The Commonwealth of Independent States experienced a spate of plane crashes following the break-up of the Soviet Union and its national carrier, Aeroflot. In some cases, according to news reports, organised criminals had sought to avoid both national and physical laws by forcing pilots to fly overloaded aircraft.

Forwarders and carriers can seldom slow down to check shipment weights because of the nature of air shipping. Persons responsible usually do not re-weigh and re-dim shipments.

And because of the added dimension of dimensional weight - a pound of bricks may weigh the same as a pound of feathers, as the old joke goes, but they still would not fit into the same box - checking the weight of each shipment may be more complicated than running it over a scale if a station does not have the latest equipment.

According to allegations, the problem has assumed epidemic proportion in Bangladesh, where employees of different parties involved have established an "understanding" with shippers to earn extra money. There is no doubt that the calculations are deliberately done to earn share of the profit by the shippers at the cost of revenue of the airline concern and safety of the aircraft.

At Zia International Airport (ZIA) the intentional weight cut is rampant, some people involved with the trade said and added that the persons responsible for preparing Trim Sheet are themselves involved in the racket and regularly producing incorrect trim sheet. They are being aided by lack of adequate facilities. The scales available for cargo shipment are not enough and more often remain defective. Due to faulty calibration, scales meant for weighing pallets display different weight of same parcel if measured more than once, a senior officer of a foreign airline said.

The temptation to gain enormous benefit is so high that persons involved in weight cut do not even ready to consider the question accident risk. Some times back, a large cargo agent in Bangladesh chartered an aircraft and provided the cockpit crew with thoroughly incorrect trim sheet. The weight cut was so huge that the pilot realised the problem after taking-off. He had no alternative but to come back after taking-off and made the agent re-load the aircraft.

The wide-spread practice of weight cut at ZIA is posing serious threat to the safety of aircraft. On many occasions persons were caught for weight cut but all of them were set free, even without warning, it is alleged.

However, concerned authority of Biman Bangladesh Airlines strongly refuted the allegations of weight theft of cargo at ZIA. According to him, during the year between July 2002 and June 2003 little over 88,000 tons of air cargo has been shipped through ZIA. Biman carriered about 28,200 tons, 17 foreign carriers about 48,800 tons and freighters about 11,400 tons. Of the total, 23,000 tons were perishable cargos and rest were dry. Almost all the perishable cargo was lifted by Biman.

Biman maintained that possibility of weight theft of dry cargo is nil as these are charged on volumetric basis. For example shippers are to pay for 650 kg for a shipment of 500 kg dry cargo. The perishable cargo goes through different stages and handled by different persons. Re-weighing is also done on more than one occasion.

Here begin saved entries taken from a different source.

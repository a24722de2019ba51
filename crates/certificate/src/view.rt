// A dossier's cells for reading, with the head at hand.
ghost use Rattle.std.specs.Prelude.{◌≡◌, ◌^◌, ◌<◌, ◌≤◌};
ghost use Rattle.layout.specs.Heads.{counts_of};
ghost use Rattle.dossier.specs.Dossier as parts;
ghost use Rattle.certificate.specs.Arrays.{row_of};

use crate::rows::Row;
use layout::head::Head;
use sources::source::Source;

#[derive(Drop)]
pub(crate) struct View<'a, S: Source> {
    pub(crate) source: &'a S,
    pub(crate) head: Head,
    ghost agrees: { counts_of head ≡ parts.head (S.cells source.now) },
}

impl<'a, S: Source> View<'a, S> {
    pub(crate) fn of(source: &'a S) -> Self
        ensures { result.source ≡ source.entry }
    {
        View {
            source,
            head: source.head(),
        }
    }

    pub(crate) fn cell(&self, index: usize) -> i32
        ensures { result ≡ parts.cell (S.cells self.now.source.now) index }
    {
        self.source.cell(index)
    }

    // The number that stands at an index where a count is due.
    pub(crate) fn number(&self, index: usize) -> usize
        ensures value { result ≡ parts.number (S.cells self.now.source.now) index }
        ensures bounded { result < 2 ^ 31 }
    {
        self.cell(index).max(0) as usize
    }

    // The row whose constant stands at an index.
    pub(crate) fn row_at(&self, at: usize) -> Row
        requires { at < 2 ^ 32 }
        ensures { row_of result ≡ parts.row_at (S.cells self.now.source.now) at }
    {
        let mut row = [0; 7];
        let width = self.head.variables as usize + 1;
        for (j, number) in row[..width].iter_mut().enumerate() {
            *number = self.cell(at + j) as i64;
        }
        row
    }
}
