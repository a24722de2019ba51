// Rank kinds: how many numbers a rank has, and which fall rows each mode calls for.
ghost use Rattle.std.specs.Prelude.{◌≡◌};
ghost use Rattle.dossier.specs.Kinds.{Kind, Lawful, by_first_difference, fall_of};
ghost use Rattle.dossier.proofs.KindsLaw.{kinds_law};

use dossier::fall::Fall;

// A kind means when one rank falls below another; its laws say that the fall rows of a mode give a fall, and that no chain
// of falls is endless. A question changes nothing.
pub trait RankKind {
    ghost kind: { Kind };

    fn numbers(&self) -> usize
        ensures { result ≡ kind.numbers };

    // The fall row of a mode and an index. A mode is the number that the sheet has: 0, or which
    // number of a rank falls, from 1. The definitions of rank kinds take this number, so an enum would be turned back into it.
    fn fall(&self, mode: usize, index: usize) -> Fall
        ensures { result ≡ kind.fall mode index };

    ghost lawful: { Lawful kind };
}

// The numbers before the one of the mode do not rise, and that one falls.
fn fall_of(numbers: usize, mode: usize, index: usize) -> Fall
    ensures { result ≡ fall_of numbers mode index }
{
    if mode > numbers {
        return Fall::None;
    }
    if index >= numbers {
        return Fall::None;
    }
    if index + 1 < mode {
        Fall::Keeps { number: index }
    } else if index + 1 == mode {
        Fall::Drops { number: index }
    } else {
        Fall::None
    }
}

// Ranks of so many numbers, the outer before the inner: lower at the first number that differs.
#[derive(Clone, Copy)]
pub struct ByFirstDifference<const NUMBERS: usize>;

pub type OneNumber = ByFirstDifference<1>;

pub type TwoNumbers = ByFirstDifference<2>;

impl<const NUMBERS: usize> RankKind for ByFirstDifference<NUMBERS> {
    ghost kind = { by_first_difference NUMBERS };

    ghost lawful = { kinds_law NUMBERS };

    fn numbers(&self) -> usize {
        NUMBERS
    }

    fn fall(&self, mode: usize, index: usize) -> Fall {
        fall_of(NUMBERS, mode, index)
    }
}
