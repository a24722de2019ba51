// The moves that a dossier writes down, for whoever tells a reader what stands there.
ghost use Rattle.std.specs.Prelude.{◌≡◌, ◌<◌, ◌≤◌};
ghost use Rattle.certificate.specs.Parts.{written, move_written, choice_written};

use crate::view::View;
use crate::written::Move;
use layout::form::Form;
use sources::source::Source;

impl<'a, S: Source> View<'a, S> {
    // A step and an edge in a mode, with what they lead from and to.
    fn joined(&self, mode: usize, step: usize, edge: usize) -> Move
        requires step { step ≤ 16 }
        requires edge { edge ≤ 12 }
        ensures { result ≡ written (S.cells self.now.source.now) mode step edge }
    {
        Move {
            mode,
            step,
            edge,
            from_place: self.step_from(step),
            from_state: self.edge_from(edge),
            to_place: self.step_to(step),
            to_state: self.edge_to(edge),
        }
    }
}

// A move of an every-run dossier by its number, none if there is no such move.
pub fn move_of<S: Source>(source: &S, index: usize) -> Option<Move>
    ensures { result ≡ move_written (S.cells source.now) index }
{
    let view = View::of(source);
    let Form::EveryRun = view.head.form else {
        return None;
    };
    if index >= view.moves() {
        return None;
    }
    let edges = view.head.edges as usize;
    let mode = view.move_mode(index);
    Some(view.joined(mode, index / edges, index % edges))
}

// The move that a point of a some-run dossier chooses, none if there is no such point.
pub fn choice_of<S: Source>(source: &S, point: usize) -> Option<Move>
    ensures { result ≡ choice_written (S.cells source.now) point }
{
    let view = View::of(source);
    let Form::SomeRun = view.head.form else {
        return None;
    };
    if point >= view.points() {
        return None;
    }
    let mode = view.choice_mode(point);
    let step = view.choice_step(point);
    let edge = view.choice_edge(point);
    Some(view.joined(mode, step, edge))
}
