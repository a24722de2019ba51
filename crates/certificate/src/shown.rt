// The shown values against the rows that they are to satisfy.
ghost use Rattle.std.specs.Prelude.{◌≡◌, ℕ, ◌<◌};
ghost use Rattle.dossier.specs.Admission as admission;
ghost use Rattle.dossier.specs.Dossier as parts;
ghost use Rattle.dossier.specs.Rows.{each};
ghost use Rattle.certificate.specs.Arrays.{rows_of, Within, constant_row};
ghost use Rattle.certificate.specs.Outcomes.{passed};

use crate::rows::{Row, taken_column};
use crate::table::Table;
use crate::view::View;
use arrayvec::ArrayVec;
use dossier::fault::AdmitFault;
use sources::source::Source;

impl<'a, S: Source> View<'a, S> {
    // The shown values, each as a row that is this constant.
    fn shown_values(&self) -> ArrayVec<Row, 6>
        ensures constant { rows_of result.items ≡ each (parts.head (S.cells self.now.source.now)).variables (λ v. constant_row (parts.shown (S.cells self.now.source.now) v)) }
        ensures within { (v : ℕ) → v < (parts.head (S.cells self.now.source.now)).variables → Within 2147483648 (parts.shown (S.cells self.now.source.now) v) }
    {
        let mut values: ArrayVec<Row, 6> = ArrayVec::new();
        for variable in 0..self.head.variables as usize {
            values.push([self.shown(variable) as i64, 0, 0, 0, 0, 0, 0]);
        }
        values
    }

    // Whether the shown values satisfy the start rows, then region rows and rank rows of the start point.
    pub(crate) fn shown_hold(&self, table: &mut Table) -> Result<(), AdmitFault>
        ensures { result ≡ passed (admission.row_trials (S.cells self.now.source.now) 0 (admission.shown_rows (S.cells self.now.source.now))) }
    {
        // a row's value is the constant of the row with each variable replaced by its value
        let values = self.shown_values();
        self.start_hypotheses(table);
        self.push_start_point(table);
        for (row, numbers) in table.as_slice().iter().enumerate() {
            if taken_column(numbers, values.as_slice(), 0) < 0 {
                return Err(AdmitFault::Shown { row });
            }
        }
        Ok(())
    }
}
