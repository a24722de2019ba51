// Rank kinds, and the admission of dossiers of any source at any rank kind.
#![tactic(auto)]

pub mod admit;
pub mod admitted;
mod conclude;
mod every_run;
mod falls;
pub mod form_tests;
mod judge;
pub mod kind;
mod line;
mod moves;
mod offset;
pub mod parts;
mod points;
mod propositions;
mod ranked;
mod rows;
mod shown;
mod some_run;
mod standing;
mod table;
mod taken;
mod view;
mod watch;
pub mod written;
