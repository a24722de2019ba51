// Tables of rows, filled from the front.
use crate::rows::Row;
use arrayvec::ArrayVec;

// As many rows as the lines of a point have to show. That there is room is asked by a clause of whatever
// pushes: a vector's own `extend` and `try_push` answer a fault instead, which could not come about here.
pub(crate) type Table = ArrayVec<Row, 20>;
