// The watch: which edge goes on from a state with a letter.
ghost use Rattle.std.specs.Prelude.{◌≡◌, ◌^◌, ◌<◌, ◌≤◌};
ghost use Rattle.dossier.specs.Admission as admission;
ghost use Rattle.dossier.specs.Runs as runs;
ghost use Rattle.certificate.specs.Outcomes.{passed};

use crate::view::View;
use dossier::fault::AdmitFault;
use sources::source::Source;

impl<'a, S: Source> View<'a, S> {
    // Whether a letter has every bit of an edge's must mask and none of its must-not mask.
    fn edge_matches(&self, edge: usize, letter: usize) -> bool
        requires { edge ≤ 12 }
        ensures { result ≡ runs.matches (S.cells self.now.source.now) edge letter }
    {
        // both are read before either is compared, which lets the search be compiled for each sort of source by itself
        let must = self.must(edge);
        let must_not = self.must_not(edge);
        letter & must == must && letter & must_not == 0
    }

    // The lowest-numbered edge from a state that matches a letter.
    fn matching_edge(&self, state: usize, letter: usize) -> Option<usize>
        ensures { result ≡ admission.edge_for (S.cells self.now.source.now) state letter }
    {
        (0..self.head.edges as usize).find(
            |edge|
                requires { edge.now ≤ 12 }
            { self.edge_from(*edge) == state && self.edge_matches(*edge, letter) },
        )
    }

    // Every letter has an edge from a state.
    fn state_complete(&self, state: usize) -> Result<(), AdmitFault>
        ensures { result ≡ passed (admission.state_trials (S.cells self.now.source.now) state) }
    {
        for letter in 0..1usize << self.head.propositions {
            let Some(_) = self.matching_edge(state, letter) else {
                return Err(AdmitFault::NoEdge { state, letter });
            };
        }
        Ok(())
    }

    // Every letter has an edge from every state.
    pub(crate) fn watch_complete(&self) -> Result<(), AdmitFault>
        ensures { result ≡ passed (admission.watch_trials (S.cells self.now.source.now)) }
    {
        for state in 0..self.head.states as usize {
            self.state_complete(state)?;
        }
        Ok(())
    }
}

However, insiders of cargo trade who are for growth of healthy trade do not subscribe to Biman's view. They alleged that corruption in the sector is so widespread and going it for so long that it has become part of the system. It is rather impossible to improve the situation without drastic measure.

The industry executives say, the introduction of strategic and technical advances made in shipping goods by air are likely to bring welcome change and solve the current problems on the ground.

In the near future, the entire system is expected to be electronic and paperless. The shipper, airline, trucker and forwarder are all involved in this process. The sooner it comes, the better for the industry.

Otherwise, if people out there are regular violators, they have to realize that if they want their freight to move, they must give accurate information or it will just sit on the dock.